:: Supplied information

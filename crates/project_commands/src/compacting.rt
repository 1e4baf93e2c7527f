//! The command `compact`: another file that begins with the state of the project of a file.
ghost use Rattle.std.specs.Prelude.{◌≡◌, ◌≢◌, ◌⊎◌, ◌++◌, false, All, IfErr, IfOk, IsErrOf, MatchResult, codes, decimal};
ghost use Rattle.named_disks.specs.NamedDisks.{IsIn, KeepsAll, KeepsOthers, reads_as};
ghost use Rattle.project_journal.specs.Keeper.{IsEntry};
ghost use Rattle.project_machine.specs.ProjectState.{is_some_out};
ghost use Rattle.project_machine.specs.History.{after, encoded, last};
ghost use Rattle.project_machine.specs.Opening.{restored};
ghost use Rattle.program_inputs.specs.ProjectFiles.ProjectFiles.{NotOpened};
ghost use Rattle.project_commands.specs.Compacting.{Compacts, NotCompacted, TellsState, place_line};

use mark_base::{Bytes, Memory};
use named_disks::Disks;
use program_inputs::{Trouble, look_at_project, make_file};
use project_book::Book;
use project_journal::Keeper;
use std::alloc::Global;

/// The state of a project as a run of pieces, and its place.
#[derive(Drop)]
struct Told {
    pieces: Vec<Bytes>,
    place: u64,
}

/// The state of a project of which no layer is out.
fn state_of<K: Keeper>(project: &Book<K>) -> Result<Told, Memory>
    requires { is_some_out (after project.now.log) ≡ false }
    ensures pieces { IfOk result (λ told. told.pieces.items ≡ encoded (restored (after project.now.log))) }
    ensures place { IfOk result (λ told. told.place ≡ last project.now.log) }
    ensures entries { IfOk result (λ told. All IsEntry told.pieces.items) }
{
    let pieces = project.pieces()?;
    Ok(Told {
        pieces,
        place: project.place(),
    })
}

/// The state of the project of a file.
fn state_in<D: Disks>(alloc: Global, book: &str, disks: &mut D) -> Result<Told, Trouble>
    requires { IsIn (D.out disks.old) book.now }
    ensures state { IfOk result (λ told. TellsState (reads_as (D.stored disks.old) book.now) told.pieces.items told.place) }
    ensures entries { IfOk result (λ told. All IsEntry told.pieces.items) }
    ensures refused { IfErr result (NotOpened (reads_as (D.stored disks.old) book.now)) }
    ensures kept { KeepsAll (D.stored disks.old) (D.out disks.old) (D.stored disks.new) (D.out disks.new) }
    ensures stays { D.faultless disks.old → D.faultless disks.new }
    ensures never { D.faultless disks.old → IsErrOf result Trouble.DiskFailed → ⊥ }
    ensures free { D.faultless disks.old → IsErrOf result Trouble.DiskInUse → ⊥ }
{
    let project = look_at_project(alloc, disks, book)?;
    let told = state_of(&project)?;
    Ok(told)
}

/// The line that tells a place.
fn place_line(alloc: Global, place: u64) -> Result<Bytes, Memory>
    ensures { IfOk result (λ bytes. bytes ≡ place_line place) }
{
    let line = format!(in alloc; "place {place}\n")?;
    Ok(Bytes::from_vec(line.into_bytes()))
}

/// `compact BOOK MADE`: reads the project of a file as it stands, makes of another file a journal that begins with the
/// project's state in place of its history, and gives the line that tells its place.
///
/// The other file has to be absent or empty, else `AlreadyThere`. It is as it was behind a refusal, but for `DiskFailed`.
/// The first file stays as it is; a layer that is out there is free in the other. Cost: reading the project, and its state.
pub fn compact<D: Disks>(
    alloc: Global,
    book: &str,
    made: &str,
    disks: &mut D,
) -> Result<Bytes, Trouble>
    requires book_in { IsIn (D.out disks.old) book.now }
    requires made_in { IsIn (D.out disks.old) made.now }
    requires apart { book.now ≢ made.now }
    ensures told { MatchResult result (Compacts (reads_as (D.stored disks.old) book.now) (reads_as (D.stored disks.new) made.now)) (NotCompacted (reads_as (D.stored disks.old) book.now) (reads_as (D.stored disks.old) made.now)) }
    ensures made_back { IsIn (D.out disks.new) made.now }
    ensures others { KeepsOthers made.now (D.stored disks.old) (D.out disks.old) (D.stored disks.new) (D.out disks.new) }
    ensures stays { D.faultless disks.old → D.faultless disks.new }
    ensures never { D.faultless disks.old → IsErrOf result Trouble.DiskFailed → ⊥ }
    ensures free { D.faultless disks.old → IsErrOf result Trouble.DiskInUse → ⊥ }
    ensures no_file { IfErr result (λ trouble. trouble ≢ Trouble.FileFailed) }
    ensures no_read { IfErr result (λ trouble. trouble ≢ Trouble.ReadFault) }
    ensures no_write { IfErr result (λ trouble. trouble ≢ Trouble.WriteFault) }
{
    let told = state_in(alloc, book, disks)?;
    let line = place_line(alloc, told.place)?;
    match make_file(alloc, disks, made, told.pieces.as_slice()) {
        Ok(()) => Ok(line),
        Err(why) => Err(why),
    }
}
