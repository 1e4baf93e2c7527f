//! The way from a character's index to its byte.
ghost use Rattle.std.specs.Prelude.{◌≡◌, ◌≤◌, ◌+◌, ◌*◌, length, chars, drop, encode_utf8_all, IfOk};
ghost use Rattle.char_documents.specs.Checkpoints.{byte_of, IsMarked};

use mark_base::Memory;
use std::alloc::Global;

/// How many characters lie between two checkpoints.
const SPACING: usize = 256;

/// What stands behind the first characters of a text. Cost: their number.
fn behind(text: &str, count: usize) -> &str
    requires { count ≤ length (chars text.now) }
    ensures bytes { result.now ≡ encode_utf8_all (drop count (chars text.now)) }
    ensures characters { chars result.now ≡ drop count (chars text.now) }
{
    let mut rest = text.chars();
    for _ in 0..count {
        rest.next();
    }
    rest.as_str()
}

/// The checkpoint behind the one of a number, from 0, in a text of so many characters. Cost: at most 256 characters are
/// passed, and none where each is one byte.
fn next_mark(text: &str, count: usize, number: usize, mark: usize) -> usize
    requires counted { count ≡ length (chars text.now) }
    requires marked { mark ≡ byte_of text.now (256 * number) }
    requires within { 256 * (number + 1) ≤ count }
    ensures { result ≡ byte_of text.now (256 * (number + 1)) }
{
    if text.len() == count {
        return SPACING * (number + 1);
    }
    text.len() - behind(&text[mark..], SPACING).len()
}

/// The checkpoints of a text of so many characters. Cost: its length, or the number of checkpoints where each
/// character is one byte.
pub fn checkpoints(alloc: Global, text: &str, count: usize) -> Result<Vec<usize>, Memory>
    requires { count ≡ length (chars text.now) }
    ensures { IfOk result (λ marks. IsMarked text.now marks.items) }
{
    let mut marks = Vec::new(alloc);
    marks.push(0)?;
    let mut mark = 0;
    for number in 0..count / SPACING {
        mark = next_mark(text, count, number, mark);
        marks.push(mark)?;
    }
    Ok(marks)
}

/// The byte at which the character of an index begins, in a text of so many characters: the index itself where each
/// character is one byte, and else by way of the checkpoint before it. Cost: at most 255 characters are passed.
pub fn byte_of(text: &str, count: usize, marks: &[usize], index: usize) -> usize
    requires counted { count ≡ length (chars text.now) }
    requires marked { IsMarked text.now marks.now }
    requires within { index ≤ length (chars text.now) }
    ensures { result ≡ byte_of text.now index }
{
    if text.len() == count {
        return index;
    }
    let mark = marks[index / SPACING];
    text.len() - behind(&text[mark..], index % SPACING).len()
}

::::

■ What to do ■
Of the entries above, repeat exactly the lines from the line with "count ≤ length" through the line with "IsMarked text.now marks.now", both of them included.

■ Exercise output ■
    requires { count ≤ length (chars text.now) }
    ensures bytes { result.now ≡ encode_utf8_all (drop count (chars text.now)) }
    ensures characters { chars result.now ≡ drop count (chars text.now) }
{
    let mut rest = text.chars();
    for _ in 0..count {
        rest.next();
    }
    rest.as_str()
}

/// The checkpoint behind the one of a number, from 0, in a text of so many characters. Cost: at most 256 characters are
/// passed, and none where each is one byte.
fn next_mark(text: &str, count: usize, number: usize, mark: usize) -> usize
    requires counted { count ≡ length (chars text.now) }
    requires marked { mark ≡ byte_of text.now (256 * number) }
    requires within { 256 * (number + 1) ≤ count }
    ensures { result ≡ byte_of text.now (256 * (number + 1)) }
{
    if text.len() == count {
        return SPACING * (number + 1);
    }
    text.len() - behind(&text[mark..], SPACING).len()
}

/// The checkpoints of a text of so many characters. Cost: its length, or the number of checkpoints where each
/// character is one byte.
pub fn checkpoints(alloc: Global, text: &str, count: usize) -> Result<Vec<usize>, Memory>
    requires { count ≡ length (chars text.now) }
    ensures { IfOk result (λ marks. IsMarked text.now marks.items) }
{
    let mut marks = Vec::new(alloc);
    marks.push(0)?;
    let mut mark = 0;
    for number in 0..count / SPACING {
        mark = next_mark(text, count, number, mark);
        marks.push(mark)?;
    }
    Ok(marks)
}

/// The byte at which the character of an index begins, in a text of so many characters: the index itself where each
/// character is one byte, and else by way of the checkpoint before it. Cost: at most 255 characters are passed.
pub fn byte_of(text: &str, count: usize, marks: &[usize], index: usize) -> usize
    requires counted { count ≡ length (chars text.now) }
    requires marked { IsMarked text.now marks.now }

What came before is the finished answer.